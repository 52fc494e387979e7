// Which rule a header finds: the first of the list that matches it in all five fields.
ghost use Rattle.std.specs.Prelude.{◌≡◌, ◌≤◌};
ghost use Rattle.rules.specs.Finding.{find_fault, finding, found_as, rule_found};
ghost use Rattle.rules.specs.Lists.{rules_in};
ghost use Rattle.rules.specs.Meaning.{first_rule, port_match, rule_match};

use crate::faults::{ListFault, test_rules};
use crate::lists::RuleList;
use records::{Action, KEY_SIZE, Key, Rule};

// A rule's number from 0, and its action.
#[derive(Clone, Copy, Debug, PartialEq, Eq)]
pub struct Found {
    pub rule: u32,
    pub action: Action,
}

#[derive(Clone, Copy, Debug, PartialEq, Eq)]
pub enum FindError {
    Rules(ListFault),
    // 11: the header has not 13 bytes.
    Header,
}

impl From<ListFault> for FindError {
    ghost from_gives = { λ fault error. error ≡ find_fault fault };

    fn from(fault: ListFault) -> FindError {
        FindError::Rules(fault)
    }
}

fn port_matches(low: u16, high: u16, x: u16) -> bool
    ensures { result ≡ port_match low high x }
{
    low <= x && x <= high
}

#[tactic(auto, unfolding(crate::specs::Meaning::rule_match))]
fn rule_matches(r: Rule, h: Key) -> bool
    requires { (r.slen ≤ 32) × (r.dlen ≤ 32) }
    ensures { result ≡ rule_match r h }
{
    (r.flag == 1 || h.proto == r.proto)
        && r.source().matches(h.src)
        && r.dest().matches(h.dst)
        && port_matches(r.slow, r.shigh, h.sport)
        && port_matches(r.dlow, r.dhigh, h.dport)
}

// Reads a well-formed list from the top.
#[tactic(auto, using(crate::proofs::Goods::fine_at), unfolding(crate::specs::Meaning::first_rule))]
fn first_rule(list: RuleList<'_>, h: Key) -> Option<Found>
    ensures { rule_found result ≡ first_rule 0 (rules_in list.entry.records.now) h }
{
    for (i, record) in list.records.iter().enumerate() {
        let r = Rule::from_bytes(record);
        if rule_matches(r, h) {
            return Some(Found {
                rule: i as u32,
                action: Action::try_from(r.action).unwrap(),
            });
        }
    }
    None
}

// The first matching rule, or nothing where none matches.
#[tactic(auto, unfolding(crate::specs::Finding::finding, crate::specs::Finding::finding_good, crate::specs::Faults::behind_rules))]
pub fn find_rule(rules: &[u8], header: &[u8]) -> Result<Option<Found>, FindError>
    ensures { found_as result ≡ finding rules.now header.now }
{
    let list = test_rules(rules)?;
    let bytes = header.as_array::<KEY_SIZE>().ok_or(FindError::Header)?;
    Ok(first_rule(list, Key::from_bytes(bytes)))
}
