// A rule list that has passed its tests.
ghost use Rattle.std.specs.Prelude.{◌≤◌, length};
ghost use Rattle.records.specs.Layout.{rule_limit};
ghost use Rattle.rules.specs.Lists.{NoneBad};

use records::RULE_SIZE;

#[derive(Clone, Copy)]
pub struct RuleList<'a> {
    pub records: &'a [[u8; RULE_SIZE]],
    pub ghost few: { length records.now ≤ rule_limit },
    pub ghost good: { NoneBad records.now },
}
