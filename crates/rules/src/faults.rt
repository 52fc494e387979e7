// The tests of a rule list, lowest number first: 5, 6, and 7 with the lowest bad rule and its first bad field.
ghost use Rattle.std.specs.Prelude.{IfOk, ◌≡◌};
ghost use Rattle.records.specs.Rules.{all_rules};
ghost use Rattle.rules.specs.Faults.{bad_field, field_number, field_or_0, tested_rules};
ghost use Rattle.rules.specs.Lists.{rules_in, tested_as};

use crate::lists::RuleList;
use records::{Action, RULE_LIMIT, RULE_SIZE, Rule};

// The tests of a rule's fields, by document 01's numbers.
#[derive(Clone, Copy, Debug, PartialEq, Eq)]
pub enum Field {
    // The flag is 0 or 1.
    Flag = 1,
    // No protocol stands under the flag for any.
    Spare = 2,
    SourceLength = 3,
    SourceBits = 4,
    DestLength = 5,
    DestBits = 6,
    SourcePorts = 7,
    DestPorts = 8,
    Action = 9,
}

impl From<Field> for u32 {
    ghost from_gives = { λ field number. number ≡ field_number field };

    fn from(field: Field) -> u32 {
        field as u32
    }
}

#[derive(Clone, Copy, Debug, PartialEq, Eq)]
pub enum ListFault {
    // 5: the length is no multiple of a rule's.
    Odd,
    // 6: there are too many rules.
    Many,
    // 7: the lowest bad rule, and its first bad field.
    Bad { rule: u32, field: Field },
}

// The first bad field of a rule.
#[tactic(auto, unfolding(crate::specs::Faults::bad_field, crate::specs::Faults::first_true))]
fn bad_field(r: Rule) -> Option<Field>
    ensures { field_or_0 result ≡ bad_field r }
{
    if 1 < r.flag {
        return Some(Field::Flag);
    }
    if r.flag == 1 && r.proto != 0 {
        return Some(Field::Spare);
    }
    if 32 < r.slen {
        return Some(Field::SourceLength);
    }
    if r.source().beyond() {
        return Some(Field::SourceBits);
    }
    if 32 < r.dlen {
        return Some(Field::DestLength);
    }
    if r.dest().beyond() {
        return Some(Field::DestBits);
    }
    if r.shigh < r.slow {
        return Some(Field::SourcePorts);
    }
    if r.dhigh < r.dlow {
        return Some(Field::DestPorts);
    }
    if Action::try_from(r.action).is_err() {
        return Some(Field::Action);
    }
    None
}

#[tactic(auto, using(records::proofs::Chunks::rules_chunks), unfolding(crate::specs::Faults::tested_rules, crate::specs::Faults::first_bad))]
pub fn test_rules(rules: &[u8]) -> Result<RuleList<'_>, ListFault>
    ensures says { tested_as result ≡ tested_rules rules.now }
    ensures holds { IfOk result (λ list. rules_in list.records.now ≡ all_rules rules.now) }
{
    let (records, rest) = rules.as_chunks::<RULE_SIZE>();
    if !rest.is_empty() {
        return Err(ListFault::Odd);
    }
    if RULE_LIMIT < records.len() {
        return Err(ListFault::Many);
    }
    for (i, record) in records.iter().enumerate() {
        if let Some(field) = bad_field(Rule::from_bytes(record)) {
            return Err(ListFault::Bad {
                rule: i as u32,
                field,
            });
        }
    }
    Ok(RuleList { records })
}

• _TO DO_:
In the entries above, which lines hold the string "Some"? Report all of them.

• _WORKED SOLUTION_:
            return Some(Found {
        return Some(Field::Flag);
        return Some(Field::Spare);
        return Some(Field::SourceLength);
        return Some(Field::SourceBits);
        return Some(Field::DestLength);
        return Some(Field::DestBits);
        return Some(Field::SourcePorts);
        return Some(Field::DestPorts);
        return Some(Field::Action);
        if let Some(field) = bad_field(Rule::from_bytes(record)) {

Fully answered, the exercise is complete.